-- Material to process follows --

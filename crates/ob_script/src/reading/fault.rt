ghost use Rattle.std.specs.Prelude.{◌≡◌};

/// What is wrong with a line of a script. The faults are asked in the order of this list.
#[derive(Clone, Copy, Debug)]
pub enum LineFault {
    /// It has more than 200 bytes, not counting the byte that ends it.
    LongLine = 6,
    /// Its first word is none that scripts have.
    UnknownWord = 1,
    /// Fewer words follow the first than it wants.
    TooFewWords = 4,
    /// More words follow the first than it wants.
    TooManyWords = 5,
    /// A word in a number's place is not made of decimal digits.
    NotANumber = 2,
    /// A number is outside its range.
    OutOfRange = 3,
    /// It stands where it may not, or does not go with the lines before it, or its numbers do not fit one another.
    Misplaced = 7,
    /// It is a line of no trace, when a trace is read.
    OfNoTrace = 8,
}

impl LineFault {
    ghost use Rattle.ob_script.specs.Reading.{fault_number_of};

    /// The number of the fault, 1 to 8, as the program tells it.
    pub fn number(self) -> u8
        ensures { result ≡ fault_number_of self }
    {
        self as u8
    }

    /// What the program tells behind the number.
    pub(crate) fn words(self) -> &'static str {
        match self {
            LineFault::OfNoTrace => ", a line of no trace",
            LineFault::LongLine
            | LineFault::UnknownWord
            | LineFault::TooFewWords
            | LineFault::TooManyWords
            | LineFault::NotANumber
            | LineFault::OutOfRange
            | LineFault::Misplaced => "",
        }
    }
}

-- Material to process concluded --

Instructions to follow:
Copy each line of the data above without altering a single character.

Written reply:
filename crates/ob_script/src/reading/fault.rt
ghost use Rattle.std.specs.Prelude.{◌≡◌};

/// What is wrong with a line of a script. The faults are asked in the order of this list.
#[derive(Clone, Copy, Debug)]
pub enum LineFault {
    /// It has more than 200 bytes, not counting the byte that ends it.
    LongLine = 6,
    /// Its first word is none that scripts have.
    UnknownWord = 1,
    /// Fewer words follow the first than it wants.
    TooFewWords = 4,
    /// More words follow the first than it wants.
    TooManyWords = 5,
    /// A word in a number's place is not made of decimal digits.
    NotANumber = 2,
    /// A number is outside its range.
    OutOfRange = 3,
    /// It stands where it may not, or does not go with the lines before it, or its numbers do not fit one another.
    Misplaced = 7,
    /// It is a line of no trace, when a trace is read.
    OfNoTrace = 8,
}

impl LineFault {
    ghost use Rattle.ob_script.specs.Reading.{fault_number_of};

    /// The number of the fault, 1 to 8, as the program tells it.
    pub fn number(self) -> u8
        ensures { result ≡ fault_number_of self }
    {
        self as u8
    }

    /// What the program tells behind the number.
    pub(crate) fn words(self) -> &'static str {
        match self {
            LineFault::OfNoTrace => ", a line of no trace",
            LineFault::LongLine
            | LineFault::UnknownWord
            | LineFault::TooFewWords
            | LineFault::TooManyWords
            | LineFault::NotANumber
            | LineFault::OutOfRange
            | LineFault::Misplaced => "",
        }
    }
}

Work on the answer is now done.